Sucking in a deep breath, I busted into the finale because I had maybe ten seconds before I would be escorted off the field. Hopefully not in cuffs.

“I’m done leaving. I’m done questioning if we can do this thing, Jude.”

Cheering rose up in the stands as fans began to realize their star quarterback was who this screw-loose girl was talking about.

“I’m done pretending I’ll ever love someone else as much as I do you. I know it took me a while, but I know it now. I was made to love you. I was made to share my life with you. I’m rewriting the fairy tale so you and I get to ride off together.” I paused again to get a breath, scanning the field.

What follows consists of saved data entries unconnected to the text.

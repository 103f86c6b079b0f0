ghost use Rattle.std.specs.Prelude.{◌≡◌, ◌++◌, ◌<◌, ◌≤◌, List, ℕ, [], drop, length, take};

use std::marker::Model;
use zbase::Bytes;

/// Bytes of which a front has been read, in pieces of a greatest size. Contracts see those that are left.
#[derive(Drop)]
pub struct Unread {
    bytes: Bytes,
    taken: usize,
    piece: usize,
}

impl Model for Unread {
    ghost Value = { List ℕ };

    ghost view = { λ unread. drop unread.taken unread.bytes };

    ghost invariant = { λ unread. (unread.taken ≤ length unread.bytes) × (0 < unread.piece) };
}

impl Unread {
    /// None of these bytes has been read; a read gives them all, where there is room.
    pub fn new(bytes: Bytes) -> Unread
        ensures { result ≡ bytes }
    {
        Unread::in_pieces(bytes, usize::MAX)
    }

    /// None of these bytes has been read; a read gives `piece` of them at most, and 1 where that is 0.
    pub fn in_pieces(bytes: Bytes, piece: usize) -> Unread
        ensures { result ≡ bytes }
    {
        Unread {
            bytes,
            taken: 0,
            piece: piece.max(1),
        }
    }

    /// Moves a piece, or what the buffer has room for, or what is left, to the front of the buffer.
    pub fn read(&mut self, buf: &mut [u8]) -> usize
        ensures bound { result ≤ length buf.new }
        ensures moved { self.old ≡ take result buf.new ++ self.new }
        ensures end { result ≡ 0 → 0 < length buf.new → self.new ≡ [] }
    {
        let bytes = self.bytes.as_slice();
        let start = self.taken;
        let count = self.piece.min(buf.len()).min(bytes.len() - start);
        buf[..count].copy_from_slice(&bytes[start..start + count]);
        self.taken = start + count;
        count
    }
}
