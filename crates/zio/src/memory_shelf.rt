ghost use Rattle.std.specs.Prelude.{◌≡◌, [], IfOk, IfSome, None, Some, filter, option_map};
ghost use Rattle.std.specs.Option.{option_copied};
ghost use Rattle.std.specs.declared.option.Option.{Option};
ghost use Rattle.zbase.specs.Faults.{IsFaultless};
ghost use Rattle.std.specs.List.{position};
ghost use Rattle.std.specs.Str.{bytes_eq};
ghost use Rattle.zdisk.specs.Disk.{content, synced};
ghost use Rattle.zio.specs.Shelves.{file_at, is_other};
ghost use Rattle.zio.specs.MemoryShelves.{HaveSoundDisks, NeverFails, entries, entry};

use crate::{Shelf, ShelfRefusal};
use std::alloc::Global;
use zbase::{Bytes, FaultPlan, Memory, Text};
use zdisk::{Disk, MemoryDisk};

/// A file in memory.
#[derive(Drop)]
pub struct MemoryFile {
    /// The name under which it is opened.
    pub name: Text,
    /// Its content, which is synced.
    pub bytes: Bytes,
    /// The number of a call that is to fail, of each disk that is opened over it, from 1 on; `None` where none is. A write or a
    /// cut that fails leaves the file as it was, and a sync what was last synced.
    pub failing: Option<u64>,
}

/// Files in memory, which it tells.
///
/// A disk that it hands out has a copy of the file's bytes, and what is written on it is the shelf's once the disk is closed.
/// Each call about a file that is there, or that isn't there yet and is to be made, counts as one of the plan; to close a
/// disk counts as none. A disk that a stop has hit has nothing to read: its file stays, as for want of memory.
#[derive(Drop)]
pub struct MemoryShelf {
    files: Vec<MemoryFile>,
    failing_new: Option<u64>,
    plan: FaultPlan,
    alloc: Global,
}

impl MemoryShelf {
    /// A shelf of these files, opening which fails as the plan says. Of two with one name the first is opened.
    pub fn new(alloc: Global, files: Vec<MemoryFile>, plan: FaultPlan) -> MemoryShelf
        ensures files { ⟦<MemoryShelf as Shelf>⟧.files result ≡ Some (entries files.items) }
        ensures counter { ⟦<MemoryShelf as Shelf>⟧.counter result ≡ plan }
        ensures sound_disks { HaveSoundDisks files.items → ⟦<MemoryShelf as Shelf>⟧.sound_disks result }
    {
        MemoryShelf {
            files,
            failing_new: None,
            plan,
            alloc,
        }
    }

    /// The files, as the shelf tells them.
    pub fn files(&self) -> &[MemoryFile]
        ensures { ⟦<MemoryShelf as Shelf>⟧.files self.now ≡ Some (entries result.now) }
    {
        self.files.as_slice()
    }

    /// The same shelf, on which each new file has a disk whose call with this number is to fail.
    pub fn with_failing_new(self, number: u64) -> MemoryShelf
        ensures files { ⟦<MemoryShelf as Shelf>⟧.files result ≡ ⟦<MemoryShelf as Shelf>⟧.files self }
        ensures counter { ⟦<MemoryShelf as Shelf>⟧.counter result ≡ ⟦<MemoryShelf as Shelf>⟧.counter self }
    {
        let MemoryShelf {
            files,
            failing_new: _,
            plan,
            alloc,
        } = self;
        MemoryShelf {
            files,
            failing_new: Some(number),
            plan,
            alloc,
        }
    }
}

impl Shelf for MemoryShelf {
    type D = MemoryDisk;

    ghost files = { λ shelf. Some (entries shelf.files.items) };

    ghost counter = { λ shelf. shelf.plan };

    ghost sound_disks = { λ shelf. HaveSoundDisks shelf.files.items × (shelf.failing_new ≡ None) };

    ghost lasts = { λ _ _. Unit {0} };

    fn open(&mut self, name: &str) -> Result<MemoryDisk, ShelfRefusal> {
        let Some(file) = find_file(&self.files, name) else {
            return Err(ShelfRefusal::Missing);
        };
        self.plan.call()?;
        Ok(disk_over(self.alloc, file)?)
    }

    fn create(&mut self, name: &str) -> Result<MemoryDisk, ShelfRefusal> {
        if find_file(&self.files, name).is_some() {
            return Err(ShelfRefusal::Exists);
        }
        self.plan.call()?;
        let file = new_file(self.alloc, name, self.failing_new)?;
        let disk = disk_over(self.alloc, &file)?;
        match self.files.push(file) {
            Ok(()) => Ok(disk),
            Err(_) => Err(ShelfRefusal::Memory),
        }
    }

    fn close(&mut self, name: &str, disk: MemoryDisk) -> Result<(), Memory> {
        let bytes = bytes_on(self.alloc, disk)?;
        if let Some(place) = place_of(&self.files, name) {
            self.files[place].bytes = bytes;
        }
        Ok(())
    }

    fn replace(&mut self, new: &str, main: &str) -> Result<(), ShelfRefusal> {
        let Some(file) = find_file(&self.files, new) else {
            return Err(ShelfRefusal::Missing);
        };
        let moved = copy_as(self.alloc, file, main)?;
        let mut files = copies_of_others(self.alloc, &self.files, new, main)?;
        self.plan.call()?;
        match files.push(moved) {
            Ok(()) => {
                self.files = files;
                Ok(())
            }
            Err(_) => Err(ShelfRefusal::Memory),
        }
    }
}

// An empty file of that name.
fn new_file(alloc: Global, name: &str, failing: Option<u64>) -> Result<MemoryFile, Memory>
    ensures entry { IfOk result (λ file. entry file ≡ (name.now, [])) }
    ensures failing { IfOk result (λ file. file.failing ≡ failing) }
{
    Ok(MemoryFile {
        name: Text::from_str(alloc, name)?,
        bytes: Bytes::new(alloc),
        failing,
    })
}

// A copy of a file under another name.
fn copy_as(alloc: Global, file: &MemoryFile, name: &str) -> Result<MemoryFile, Memory>
    ensures entry { IfOk result (λ copy. entry copy ≡ (name.now, file.now.bytes)) }
    ensures failing { IfOk result (λ copy. copy.failing ≡ file.now.failing) }
{
    Ok(MemoryFile {
        name: Text::from_str(alloc, name)?,
        bytes: file.bytes.copy()?,
        failing: file.failing,
    })
}

// Whether a file has neither of these names.
fn is_other(file: &MemoryFile, one: &str, two: &str) -> bool
    ensures { result ≡ is_other one.now two.now (entry file.now) }
{
    let name = file.name.as_str();
    name != one && name != two
}

// Copies of the files that have neither of these names.
fn copies_of_others(
    alloc: Global,
    files: &[MemoryFile],
    one: &str,
    two: &str,
) -> Result<Vec<MemoryFile>, Memory>
    ensures entries { IfOk result (λ others. entries others.items ≡ filter (is_other one.now two.now) (entries files.now)) }
    ensures sound { HaveSoundDisks files.now → IfOk result (λ others. HaveSoundDisks others.items) }
{
    let mut others = Vec::new(alloc);
    for file in files {
        if is_other(file, one, two) {
            others.push(copy_as(alloc, file, file.name.as_str())?)?;
        }
    }
    Ok(others)
}

/// The first file of that name.
fn find_file<'a>(files: &'a [MemoryFile], name: &str) -> Option<&'a MemoryFile>
    ensures bytes { option_map (λ file. file.bytes) (option_copied result) ≡ file_at (entries files.now) name.now }
    ensures sound { HaveSoundDisks files.now → IfSome result (λ file. NeverFails file.now) }
{
    for file in files {
        if file.name.as_str() == name {
            return Some(file);
        }
    }
    None
}

// The place of the first file of that name.
fn place_of(files: &[MemoryFile], name: &str) -> Option<usize>
    ensures { result ≡ position (λ file. bytes_eq file.name name.now) files.now }
{
    files.iter().position(|file| file.name.as_str() == name)
}

// What a disk reads, once nothing is armed on it.
fn bytes_on(alloc: Global, mut disk: MemoryDisk) -> Result<Bytes, Memory>
    ensures { IfOk result (λ bytes. IfSome (⟦<MemoryDisk as Disk>⟧.told disk) (λ told. bytes ≡ content told)) }
{
    disk.disarm();
    let len = disk.len().map_err(|_| Memory)?;
    let mut bytes = vec![in alloc; 0; len as usize]?;
    disk.read_at(0, &mut bytes).map_err(|_| Memory)?;
    Ok(Bytes::from_vec(bytes))
}

// A disk over a copy of a file.
fn disk_over(alloc: Global, file: &MemoryFile) -> Result<MemoryDisk, Memory>
    ensures told { IfOk result (λ disk. ⟦<MemoryDisk as Disk>⟧.told disk ≡ Some (synced file.now.bytes)) }
    ensures sound { NeverFails file.now → IfOk result (λ disk. IsFaultless (⟦<MemoryDisk as Disk>⟧.counter disk)) }
{
    let mut disk = MemoryDisk::new(alloc, file.bytes.copy()?);
    match file.failing {
        None | Some(0) => {}
        Some(number) => disk.arm_fail(number, 0)?,
    }
    Ok(disk)
}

He wasn’t coming. Even if he’d been tucked away into the very back of the stadium, he could have made it to me by now if he wanted to. Nothing stopped Jude from what he wanted. The possibility that I wasn’t what he wanted any more broke me.

I fought through the fear. I was done living in a state of it.

“I love you, Jude Ryder. I’m done letting that scare me. I’m not going anywhere.”

One of the security guards stopped in front of me, clearing his throat. “Yes, ma’am. I’m afraid you are.”

This was so not how I’d envisioned this all going. I gave life‌—‌smirking its all-knowing face at me‌—‌the finger.

“I’ll take that,” he said, grabbing the mic out of my hands. “After you,” he said, which was every shade of a demand, motioning me off the field.

The other guard shouldered up next to me, waiting for me as well. At least neither one was swinging a pair of cuffs in front of me. Taking one more look around the field, I felt my already battered heart break one final time.